Lorna Bailey ceramics collection sells for £6,500 at Shrewsbury auction

A Shropshire couple’s large collection of more than 250 pieces by contemporary ceramicist Lorna Bailey sold for £6,500, double the pre-sale estimate, at Shropshire’s leading fine art auction house yesterday (Wednesday).

The collection, which included Bailey’s whimsical cat models and ‘grotesque’ models of birds, sold in 40 lots in Halls Fine Art’s 612-lot pictures, ceramics, collectables and modern design auction.

Top price went to ‘Lorna’s Jazz Band’, a set of five cat figures, which made £250, as all the Lorna Bailey lots found buyers.

Stoke-on-Trent potter Bailey’s colour palette is often compared to that of Clarice Cliff’s, who similarly favoured bold and vibrant designs.

Caroline Dennard, Halls Fine Art’s ceramics specialist, said: “We had a mixture of trade and private collectors bidding and achieved really healthy prices which shows that there is demand for this type of model. The vendors are delighted with the result.

“The auction also demonstrated that novelty and good quality art pottery is still commercial.”

More traditional tea and coffee services also sold well. Top prices included £850 for a Ridgway (Cauldon Place) ‘Savoy’ bone china tea service with 43 pieces and £650 for a Minton’s part coffee service, inspired by Christopher Dresser, together with a mid-20th century Wedgwood part coffee and tea service.

A Staffordshire mocha ware mug, circa 1800 and two mid-19th century nursery or children’s mugs also found a new home for £650.

Halls Fine Art’s reputation for being the home of Coalport auctions was underlined as an early 20th century blue batwing service and an assembled group of teawares with the same pattern sold for £650 and £550, respectively.

A 20th century Wedgwood and Barlaston ‘Queen’s Ware’ blue and white embossed tea and coffee service and a Clarice Cliff for Wilkinson Pottery Fantasque vase, ‘Umbrellas and Rain’, sold well at £500 each and four 19th century British art pottery grotesque spoon warmers made £400.

A rare Minton’s lustre cat night-light or pastille burner, believed to have been a protype, found a buyer for £320, while a late 17th or early 18th century Italian maiolica wet drug jar, Montelupo, which was used as a prop by Canadian mural artist Tom Luzny, made £400.
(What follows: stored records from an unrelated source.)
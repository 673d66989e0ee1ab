// Places of values, and what a declaration takes them for.
ghost use Rattle.std.specs.Prelude.{◌≡◌};
ghost use Rattle.view.specs.Values.{shape_at};
ghost use Rattle.view.specs.Elements.{elements, elements_at};
ghost use Rattle.view.specs.Known.{Known};
ghost use Rattle.form.specs.Spots.{is_text, is_object, is_array, as_text, as_array, all_texts, aliases_in};

use view::{Shape, first_element, next_element, shape_at};

// Does a string stand here?
pub fn is_text(text: &[u8], at: usize) -> bool
    ensures { result ≡ is_text (shape_at text.now at) }
{
    matches!(shape_at(text, at), Shape::Text)
}

// Does an object?
pub fn is_object(text: &[u8], at: usize) -> bool
    ensures { result ≡ is_object (shape_at text.now at) }
{
    matches!(shape_at(text, at), Shape::Object)
}

// Does an array?
pub fn is_array(text: &[u8], at: usize) -> bool
    ensures { result ≡ is_array (shape_at text.now at) }
{
    matches!(shape_at(text, at), Shape::Array)
}

// The place, if a string stands there.
#[tactic(auto, unfolding(crate::specs::Spots::as_text))]
pub fn as_text(text: &[u8], spot: Option<usize>) -> Option<usize>
    ensures { result ≡ as_text text.now spot }
{
    spot.filter(|p| is_text(text, *p))
}

// The place, if an array stands there.
#[tactic(auto, unfolding(crate::specs::Spots::as_array))]
pub fn as_array(text: &[u8], spot: Option<usize>) -> Option<usize>
    ensures { result ≡ as_array text.now spot }
{
    spot.filter(|p| is_array(text, *p))
}

// Are all elements of the array at a place strings?
pub fn all_texts(text: &[u8], ends: &[u16], array: usize) -> bool
    requires { Known text.now ends.now }
    ensures { result ≡ all_texts text.now (elements text.now array) }
{
    let mut spot = first_element(text, array);
    while let Some(p) = spot {
        if !is_text(text, p) {
            return false;
        }
        spot = next_element(text, ends, p);
    }
    true
}

// The first of the strings of `aliases`, whose value is at the place; the others are the elements behind it.
pub fn first_alias(text: &[u8], ends: &[u16], spot: Option<usize>) -> Option<usize>
    requires { Known text.now ends.now }
    ensures { elements_at text.now result ≡ aliases_in text.now spot }
{
    let p = as_array(text, spot)?;
    if all_texts(text, ends, p) {
        return first_element(text, p);
    }
    None
}
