// A decimal's note, precision and scale.
ghost use Rattle.std.specs.Prelude.{◌≡◌};
ghost use Rattle.form.specs.Notes.{noted, exceeds, compared, with_scale, with_precision, is_decimal, note_of};
ghost use Rattle.view.specs.Known.{Known};

use super::spots::as_text;
use decimals::limit;
use view::{Members, size_literal, string_is};

// The note, 0 where there is no decimal; precision and scale where it is 1.
#[derive(Clone, Copy)]
pub struct Note {
    pub note: u8,
    pub precision: u64,
    pub scale: u64,
}

impl Note {
    // There is no decimal.
    pub const NONE: Note = Note {
        note: 0,
        precision: 0,
        scale: 0,
    };
}

// The type that is left where no decimal holds: bytes, or a fixed with its size. No Option: None would not say that bytes are left.
#[derive(Clone, Copy)]
pub enum Plain {
    Bytes,
    Fixed(u64),
}

fn noted(note: u8) -> Note
    ensures { result ≡ noted note }
{
    Note {
        note,
        precision: 0,
        scale: 0,
    }
}

fn exceeds(plain: Plain, precision: u64) -> bool
    ensures { result ≡ exceeds plain precision }
{
    match plain {
        Plain::Bytes => false,
        Plain::Fixed(size) => limit(size) < precision,
    }
}

fn compared(plain: Plain, precision: u64, scale: u64) -> Note
    ensures { result ≡ compared plain precision scale }
{
    if precision == 0 {
        return noted(5);
    }
    if precision < scale {
        return noted(6);
    }
    if exceeds(plain, precision) {
        return noted(7);
    }
    Note {
        note: 1,
        precision,
        scale,
    }
}

fn with_scale(text: &[u8], members: Members, plain: Plain, precision: u64) -> Note
    ensures { result ≡ with_scale text.now members plain precision }
{
    let spot = members.scale;
    let Some(p) = spot else {
        return compared(plain, precision, 0);
    };
    match size_literal(text, p) {
        Some(scale) => compared(plain, precision, scale),
        None => noted(4),
    }
}

fn with_precision(text: &[u8], members: Members, plain: Plain) -> Note
    ensures { result ≡ with_precision text.now members plain }
{
    let spot = members.precision;
    let Some(p) = spot else {
        return noted(2);
    };
    match size_literal(text, p) {
        Some(precision) => with_scale(text, members, plain, precision),
        None => noted(3),
    }
}

fn is_decimal(text: &[u8], ends: &[u16], members: Members) -> bool
    requires { Known text.now ends.now }
    ensures { result ≡ is_decimal text.now members }
{
    let spot = members.logical_type;
    let Some(p) = as_text(text, spot) else {
        return false;
    };
    string_is(text, ends, p, b"decimal")
}

// The note of the object with these members, whose own `type` is the string `bytes` or `fixed`.
pub fn decimal_note(text: &[u8], ends: &[u16], members: Members, plain: Plain) -> Note
    requires { Known text.now ends.now }
    ensures { result ≡ note_of text.now members plain }
{
    if is_decimal(text, ends, members) {
        return with_precision(text, members, plain);
    }
    Note::NONE
}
Highlights of the pictures section were a watercolour by William John Wainwright (1855-1931) titled ‘A Troubadour’ and a Rob Hefferan oil on canvas titled ‘Relaxation’ which sold for £550 apiece.

A hand painted sculpture titled ‘Lapwing’ by Guy Taplin (b.1939) and an Olivier Mourgue Djinn sofa for Airborne made £480 apiece. The Djinn seating range was the first furniture to use urethane foam upholstery over tubular steel frames and the model sold was deemed to be so futuristic that it was used by Stanley Kubrick in his 1968 movie ‘2001: A Space Odyssey’
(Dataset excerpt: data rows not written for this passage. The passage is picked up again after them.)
// The strings of a declaration that have to be names: their full names, and the checks 7, 8, 9.
ghost use Rattle.std.specs.Prelude.{◌≡◌, false, ◌≤◌, length};
ghost use Rattle.ground.specs.Bytes.{part, store};
ghost use Rattle.name.specs.Name.{is_simple, is_name, is_namespace, has_dot, full_name};
ghost use Rattle.json_scan.specs.Json.{longest};
ghost use Rattle.view.specs.Strings.{string_at};
ghost use Rattle.view.specs.Known.{Known};
ghost use Rattle.form.specs.Checks.{must, ◌then◌};
ghost use Rattle.form.specs.Names.{not_a_name, kept, unreserved, simple_check, full_at, reference_check, alias_check, defined_at, spaced_check, definition_check, named, kept_in};

use super::check::{Check, must};
use super::spots::as_text;
use answer::{Fault, Why};
use breach::{name_breach, namespace_breach, simple_breach};
use ground::copy;
use json_scan::Scan;
use name::{Full, full_name, has_dot, is_name, is_namespace, is_reserved, is_simple};
use view::{Members, literal, string_copy};

// 7, and where the string at `at` breaks the rule of simple names.
fn not_simple(text: &[u8], at: usize) -> Fault
    ensures { result ≡ not_a_name is_simple text.now at }
{
    Fault {
        why: Why::NotAName,
        at: simple_breach(text, at),
    }
}

// The same of the rule of names.
fn not_a_name(text: &[u8], at: usize) -> Fault
    ensures { result ≡ not_a_name is_name text.now at }
{
    Fault {
        why: Why::NotAName,
        at: name_breach(text, at),
    }
}

// The same of the rule of namespaces.
fn not_a_namespace(text: &[u8], at: usize) -> Fault
    ensures { result ≡ not_a_name is_namespace text.now at }
{
    Fault {
        why: Why::NotAName,
        at: namespace_breach(text, at),
    }
}

// A simple name that can be kept, the string at `at`: 7, 9.
fn simple(text: &[u8], written: &[u8], at: usize) -> Check
    ensures { result ≡ must (is_simple written.now) (not_a_name is_simple text.now at) then kept written.now at }
{
    if !is_simple(written) {
        return Err(not_simple(text, at));
    }
    must(written.len() <= Full::LONGEST, Why::StringTooLong, at)
}

// A field's name or alias, a symbol: the string at `at` must be a simple name.
pub fn simple_check(text: &[u8], ends: &[u16], at: usize, word: &mut [u8; Scan::TEXT]) -> Check
    requires { (length text.now ≤ longest) × Known text.now ends.now }
    ensures { result ≡ simple_check text.now at }
{
    if let Some(own) = literal(text, ends, at) {
        return simple(text, own, at);
    }
    let n = string_copy(text, ends, at, word);
    let all = &word[..];
    simple(text, &all[0..n], at)
}

// The full name of what is written at `at`, in a namespace: 9.
fn qualified(
    namespace: &[u8],
    written: &[u8],
    at: usize,
    full: &mut [u8; Full::LONGEST],
) -> Result<usize, Fault>
    ensures { (result ≡ named (kept (full_name namespace.now written.now) at) (full_name namespace.now written.now)) × (full.new ≡ kept_in full.old (kept (full_name namespace.now written.now) at) (full_name namespace.now written.now)) }
{
    match full_name(namespace, written, full) {
        Some(n) => Ok(n),
        None => Err(Fault {
            why: Why::StringTooLong,
            at,
        }),
    }
}

// The same of a name that is given to something: 8, 9. The last part of what is written is that of the full name.
fn given(
    namespace: &[u8],
    written: &[u8],
    at: usize,
    full: &mut [u8; Full::LONGEST],
) -> Result<usize, Fault>
    ensures { (result ≡ named (unreserved (full_name namespace.now written.now) at then kept (full_name namespace.now written.now) at) (full_name namespace.now written.now)) × (full.new ≡ kept_in full.old (unreserved (full_name namespace.now written.now) at then kept (full_name namespace.now written.now) at) (full_name namespace.now written.now)) }
{
    if is_reserved(written) {
        return Err(Fault {
            why: Why::Reserved,
            at,
        });
    }
    qualified(namespace, written, at, full)
}

// A reference: 7, 9.
pub fn reference(
    text: &[u8],
    ends: &[u16],
    namespace: &[u8],
    at: usize,
    word: &mut [u8; Scan::TEXT],
    full: &mut [u8; Full::LONGEST],
) -> Result<usize, Fault>
    requires { (length text.now ≤ longest) × Known text.now ends.now }
    ensures { (result ≡ named (reference_check text.now namespace.now at) (full_at text.now namespace.now at)) × (full.new ≡ kept_in full.old (reference_check text.now namespace.now at) (full_at text.now namespace.now at)) }
{
    let n = string_copy(text, ends, at, word);
    let all = &word[..];
    if !is_name(&all[0..n]) {
        return Err(not_a_name(text, at));
    }
    qualified(namespace, &all[0..n], at, full)
}

// An alias of a definition, in the definition's own namespace: 7, 8, 9.
pub fn alias(
    text: &[u8],
    ends: &[u16],
    namespace: &[u8],
    at: usize,
    word: &mut [u8; Scan::TEXT],
    full: &mut [u8; Full::LONGEST],
) -> Result<usize, Fault>
    requires { (length text.now ≤ longest) × Known text.now ends.now }
    ensures { (result ≡ named (alias_check text.now namespace.now at) (full_at text.now namespace.now at)) × (full.new ≡ kept_in full.old (alias_check text.now namespace.now at) (full_at text.now namespace.now at)) }
{
    let n = string_copy(text, ends, at, word);
    let all = &word[..];
    if !is_name(&all[0..n]) {
        return Err(not_a_name(text, at));
    }
    given(namespace, &all[0..n], at, full)
}

// The name without a dot in the first n bytes of `word`, in the namespace that is written at `space`: the namespace's 7,
// 8, 9. The name moves to an array of its own, as far as one is kept, and the namespace takes its place.
fn in_namespace(
    text: &[u8],
    ends: &[u16],
    space: usize,
    n: usize,
    at: usize,
    word: &mut [u8; Scan::TEXT],
    full: &mut [u8; Full::LONGEST],
) -> Result<usize, Fault>
    requires { (length text.now ≤ longest) × Known text.now ends.now × (n ≤ longest) × (has_dot (part word.old 0 n) ≡ false) }
    ensures { (result ≡ named (spaced_check text.now space (part word.old 0 n) at) (full_name (string_at text.now space) (part word.old 0 n))) × (full.new ≡ kept_in full.old (spaced_check text.now space (part word.old 0 n) at) (full_name (string_at text.now space) (part word.old 0 n))) }
{
    let mut own: [u8; Full::LONGEST] = [0; Full::LONGEST];
    let all = &word[..];
    let reserved = is_reserved(&all[0..n]);
    copy(&mut own, 0, &all[0..n]);
    let k = string_copy(text, ends, space, word);
    let namespace = &word[..];
    if !is_namespace(&namespace[0..k]) {
        return Err(not_a_namespace(text, space));
    }
    if reserved {
        return Err(Fault {
            why: Why::Reserved,
            at,
        });
    }
    if Full::LONGEST < n {
        return Err(Fault {
            why: Why::StringTooLong,
            at,
        });
    }
    qualified(&namespace[0..k], &own[0..n], at, full)
}

// A definition with these members, its name at `at`: 7, the namespace's 7, 8, 9.
pub fn definition(
    text: &[u8],
    ends: &[u16],
    enclosing: &[u8],
    members: Members,
    at: usize,
    word: &mut [u8; Scan::TEXT],
    full: &mut [u8; Full::LONGEST],
) -> Result<usize, Fault>
    requires { (length text.now ≤ longest) × Known text.now ends.now }
    ensures { (result ≡ named (definition_check text.now enclosing.now members at) (defined_at text.now enclosing.now members at)) × (full.new ≡ kept_in full.old (definition_check text.now enclosing.now members at) (defined_at text.now enclosing.now members at)) }
{
    let n = string_copy(text, ends, at, word);
    let all = &word[..];
    if !is_name(&all[0..n]) {
        return Err(not_a_name(text, at));
    }
    if has_dot(&all[0..n]) {
        return given(enclosing, &all[0..n], at, full);
    }
    let namespace = members.namespace;
    let Some(q) = as_text(text, namespace) else {
        return given(enclosing, &all[0..n], at, full);
    };
    in_namespace(text, ends, q, n, at, word, full)
}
One of the surprises of the day was a mint collection of 91 DeAgostini Zippo lighters, all in their original boxes with display case, stands and hardback binders, which sold for £700 to a German buyer.

An unusual 19th century brass timepiece by Alexander Smart, London, with its original key and locking device, raced away to sell for £600 for a Newtown seller, a 1960 Rolleiflex 3.5F camera, model 2, with its original leather case, box, papers and attachments, made £550 for an Aberystwyth seller and a Clementi & Company eight-keyed cocuswood flute, from between 1802-‘21, hit the right note at £420.

Samplers sold well. A 17th or early 18th century English ‘stumpwork’ embroidered panel depicting the Old Testament story of Abraham banishing Hagar and Ishmael made £550 and an 1820 needlework sampler by Sarah Greene, decorated with a Baptist verse, sold for £500.

Alexander Clement, Halls Fine Art’s senior general valuer, Asian art and watch specialist, said: “I’m really heartened by the level of interest in the ceramics right across the board which is great credit to the cataloguing of Caroline Dennard.

“The complete collection of DeAgostini Zippo lighters also sold well and I was pleased to see the Rolleiflex camera sell for £550 because it was in really good condition with the original box, papers and leather harness.”

Halls Fine Art’s next pictures, ceramics, collectables and modern design auction is on September 18.